## WHAT YOU SHOULD DO
Answer with one number: the count of lines in this material that hold the word "registers".

[[ INFORMATION GIVEN open ]]

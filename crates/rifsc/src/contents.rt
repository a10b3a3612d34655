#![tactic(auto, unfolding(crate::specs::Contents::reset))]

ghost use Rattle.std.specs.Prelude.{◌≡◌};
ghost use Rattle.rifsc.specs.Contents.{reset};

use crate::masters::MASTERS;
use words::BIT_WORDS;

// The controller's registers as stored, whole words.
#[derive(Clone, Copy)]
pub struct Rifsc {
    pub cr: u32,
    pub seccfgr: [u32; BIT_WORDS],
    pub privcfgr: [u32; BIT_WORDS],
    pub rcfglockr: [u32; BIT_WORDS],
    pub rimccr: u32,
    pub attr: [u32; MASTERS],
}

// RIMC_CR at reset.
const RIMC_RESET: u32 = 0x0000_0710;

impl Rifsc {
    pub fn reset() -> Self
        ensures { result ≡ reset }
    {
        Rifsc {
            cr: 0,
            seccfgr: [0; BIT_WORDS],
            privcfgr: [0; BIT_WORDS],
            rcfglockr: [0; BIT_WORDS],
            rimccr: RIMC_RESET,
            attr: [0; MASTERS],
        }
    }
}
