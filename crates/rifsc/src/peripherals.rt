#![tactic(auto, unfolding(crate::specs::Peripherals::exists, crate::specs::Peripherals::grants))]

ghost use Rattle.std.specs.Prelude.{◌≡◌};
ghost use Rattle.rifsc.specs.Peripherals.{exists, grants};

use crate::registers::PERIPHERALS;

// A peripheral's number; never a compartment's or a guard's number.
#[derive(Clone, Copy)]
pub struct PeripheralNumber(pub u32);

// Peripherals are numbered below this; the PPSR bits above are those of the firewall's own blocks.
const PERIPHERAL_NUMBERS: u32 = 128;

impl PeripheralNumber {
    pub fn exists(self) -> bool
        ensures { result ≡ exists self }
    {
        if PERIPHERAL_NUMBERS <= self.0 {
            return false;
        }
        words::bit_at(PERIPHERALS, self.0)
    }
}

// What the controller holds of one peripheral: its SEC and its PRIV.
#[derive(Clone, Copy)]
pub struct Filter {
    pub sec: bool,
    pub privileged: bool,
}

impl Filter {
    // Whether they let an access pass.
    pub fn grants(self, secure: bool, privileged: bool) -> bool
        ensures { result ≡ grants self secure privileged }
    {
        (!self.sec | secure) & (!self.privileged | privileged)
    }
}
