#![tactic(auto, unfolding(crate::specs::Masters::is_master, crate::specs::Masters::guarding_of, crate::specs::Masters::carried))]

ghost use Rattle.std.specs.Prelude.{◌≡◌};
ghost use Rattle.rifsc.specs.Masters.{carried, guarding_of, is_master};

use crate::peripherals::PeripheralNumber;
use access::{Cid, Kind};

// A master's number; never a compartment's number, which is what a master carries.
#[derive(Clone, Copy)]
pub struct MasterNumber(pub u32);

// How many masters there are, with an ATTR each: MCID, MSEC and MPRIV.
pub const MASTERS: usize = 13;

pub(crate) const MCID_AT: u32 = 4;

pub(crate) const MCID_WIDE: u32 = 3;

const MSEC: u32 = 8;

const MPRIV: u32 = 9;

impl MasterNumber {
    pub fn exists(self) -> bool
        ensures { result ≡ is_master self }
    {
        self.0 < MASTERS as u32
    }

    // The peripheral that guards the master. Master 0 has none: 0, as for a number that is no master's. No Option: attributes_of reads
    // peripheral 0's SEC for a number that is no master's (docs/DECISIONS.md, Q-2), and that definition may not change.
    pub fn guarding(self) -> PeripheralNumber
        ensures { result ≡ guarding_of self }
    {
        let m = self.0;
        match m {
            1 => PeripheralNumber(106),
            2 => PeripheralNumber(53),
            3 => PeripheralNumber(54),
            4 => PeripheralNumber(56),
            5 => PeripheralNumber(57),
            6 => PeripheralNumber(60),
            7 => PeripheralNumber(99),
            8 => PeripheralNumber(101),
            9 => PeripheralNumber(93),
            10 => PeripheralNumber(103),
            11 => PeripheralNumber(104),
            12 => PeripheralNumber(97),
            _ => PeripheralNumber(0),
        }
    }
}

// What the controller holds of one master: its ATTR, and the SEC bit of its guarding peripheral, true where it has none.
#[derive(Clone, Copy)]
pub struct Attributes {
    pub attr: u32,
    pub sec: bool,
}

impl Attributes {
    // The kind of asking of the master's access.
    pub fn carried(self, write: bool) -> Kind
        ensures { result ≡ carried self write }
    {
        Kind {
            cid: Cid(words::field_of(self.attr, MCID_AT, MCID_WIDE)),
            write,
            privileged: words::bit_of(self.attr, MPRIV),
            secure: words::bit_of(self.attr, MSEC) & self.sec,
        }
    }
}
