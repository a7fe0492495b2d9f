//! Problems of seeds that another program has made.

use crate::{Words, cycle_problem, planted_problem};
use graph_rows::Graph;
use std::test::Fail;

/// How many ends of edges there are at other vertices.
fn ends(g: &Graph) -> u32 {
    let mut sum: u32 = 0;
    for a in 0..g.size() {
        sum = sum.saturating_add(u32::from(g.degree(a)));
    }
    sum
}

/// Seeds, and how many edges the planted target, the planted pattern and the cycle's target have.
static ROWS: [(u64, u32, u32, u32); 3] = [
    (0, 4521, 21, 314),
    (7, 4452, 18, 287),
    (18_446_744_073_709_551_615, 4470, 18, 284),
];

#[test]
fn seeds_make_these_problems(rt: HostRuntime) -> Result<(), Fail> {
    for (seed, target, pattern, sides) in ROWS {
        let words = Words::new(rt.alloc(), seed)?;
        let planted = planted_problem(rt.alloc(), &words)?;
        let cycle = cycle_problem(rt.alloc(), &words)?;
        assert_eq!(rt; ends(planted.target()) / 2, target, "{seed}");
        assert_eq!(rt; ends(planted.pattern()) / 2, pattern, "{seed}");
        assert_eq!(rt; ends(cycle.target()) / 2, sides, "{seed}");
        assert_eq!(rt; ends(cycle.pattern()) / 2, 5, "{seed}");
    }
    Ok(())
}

[[ INFORMATION GIVEN closed ]]
[[ INFORMATION GIVEN open ]]

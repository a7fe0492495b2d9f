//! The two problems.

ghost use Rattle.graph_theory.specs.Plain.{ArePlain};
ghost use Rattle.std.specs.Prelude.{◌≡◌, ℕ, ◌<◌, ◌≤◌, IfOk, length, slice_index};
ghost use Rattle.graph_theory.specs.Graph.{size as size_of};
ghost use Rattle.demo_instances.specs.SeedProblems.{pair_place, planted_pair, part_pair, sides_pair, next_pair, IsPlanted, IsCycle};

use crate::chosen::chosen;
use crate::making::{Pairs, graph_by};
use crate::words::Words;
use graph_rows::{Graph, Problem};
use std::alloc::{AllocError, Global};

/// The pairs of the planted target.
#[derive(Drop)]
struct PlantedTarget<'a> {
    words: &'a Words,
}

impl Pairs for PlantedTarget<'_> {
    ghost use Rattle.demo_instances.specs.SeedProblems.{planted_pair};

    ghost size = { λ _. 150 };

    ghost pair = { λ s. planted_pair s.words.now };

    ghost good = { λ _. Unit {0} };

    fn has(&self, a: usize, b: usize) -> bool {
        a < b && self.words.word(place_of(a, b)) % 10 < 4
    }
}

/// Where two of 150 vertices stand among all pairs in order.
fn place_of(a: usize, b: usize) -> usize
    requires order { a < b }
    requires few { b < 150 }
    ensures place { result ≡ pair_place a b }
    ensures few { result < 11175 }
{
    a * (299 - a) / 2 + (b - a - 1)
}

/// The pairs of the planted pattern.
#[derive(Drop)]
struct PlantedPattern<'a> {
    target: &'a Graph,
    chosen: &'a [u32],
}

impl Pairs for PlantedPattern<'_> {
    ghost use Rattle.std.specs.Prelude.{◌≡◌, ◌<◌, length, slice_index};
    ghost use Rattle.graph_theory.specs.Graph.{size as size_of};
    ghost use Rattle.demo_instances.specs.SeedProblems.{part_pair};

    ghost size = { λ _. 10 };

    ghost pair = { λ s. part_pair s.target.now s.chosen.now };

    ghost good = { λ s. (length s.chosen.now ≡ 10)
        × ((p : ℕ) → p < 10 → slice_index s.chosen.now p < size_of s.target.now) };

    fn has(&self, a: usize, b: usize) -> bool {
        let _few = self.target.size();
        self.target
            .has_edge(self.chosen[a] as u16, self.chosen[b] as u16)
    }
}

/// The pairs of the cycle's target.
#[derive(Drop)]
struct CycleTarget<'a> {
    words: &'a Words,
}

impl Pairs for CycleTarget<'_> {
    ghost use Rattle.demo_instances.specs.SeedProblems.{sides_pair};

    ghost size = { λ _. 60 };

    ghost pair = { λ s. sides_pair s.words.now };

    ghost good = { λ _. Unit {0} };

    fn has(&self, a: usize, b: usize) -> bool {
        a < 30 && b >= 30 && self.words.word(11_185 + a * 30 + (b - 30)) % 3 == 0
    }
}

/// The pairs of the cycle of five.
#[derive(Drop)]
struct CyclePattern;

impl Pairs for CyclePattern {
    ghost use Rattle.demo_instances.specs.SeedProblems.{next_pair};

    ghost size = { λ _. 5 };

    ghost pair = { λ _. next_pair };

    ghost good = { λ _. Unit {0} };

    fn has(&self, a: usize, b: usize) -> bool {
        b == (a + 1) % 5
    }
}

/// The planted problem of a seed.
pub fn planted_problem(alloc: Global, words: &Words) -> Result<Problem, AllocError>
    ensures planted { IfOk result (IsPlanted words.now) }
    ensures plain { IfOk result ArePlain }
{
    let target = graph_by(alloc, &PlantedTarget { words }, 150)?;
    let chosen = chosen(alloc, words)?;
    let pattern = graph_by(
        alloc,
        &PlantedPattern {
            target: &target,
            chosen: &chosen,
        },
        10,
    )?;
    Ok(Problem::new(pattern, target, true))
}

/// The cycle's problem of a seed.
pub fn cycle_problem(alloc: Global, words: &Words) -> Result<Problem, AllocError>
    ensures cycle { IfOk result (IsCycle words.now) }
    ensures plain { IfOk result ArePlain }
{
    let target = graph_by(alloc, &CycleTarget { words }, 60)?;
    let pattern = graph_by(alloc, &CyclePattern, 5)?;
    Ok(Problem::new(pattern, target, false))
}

[[ INFORMATION GIVEN closed ]]

## ANSWER BELOW
2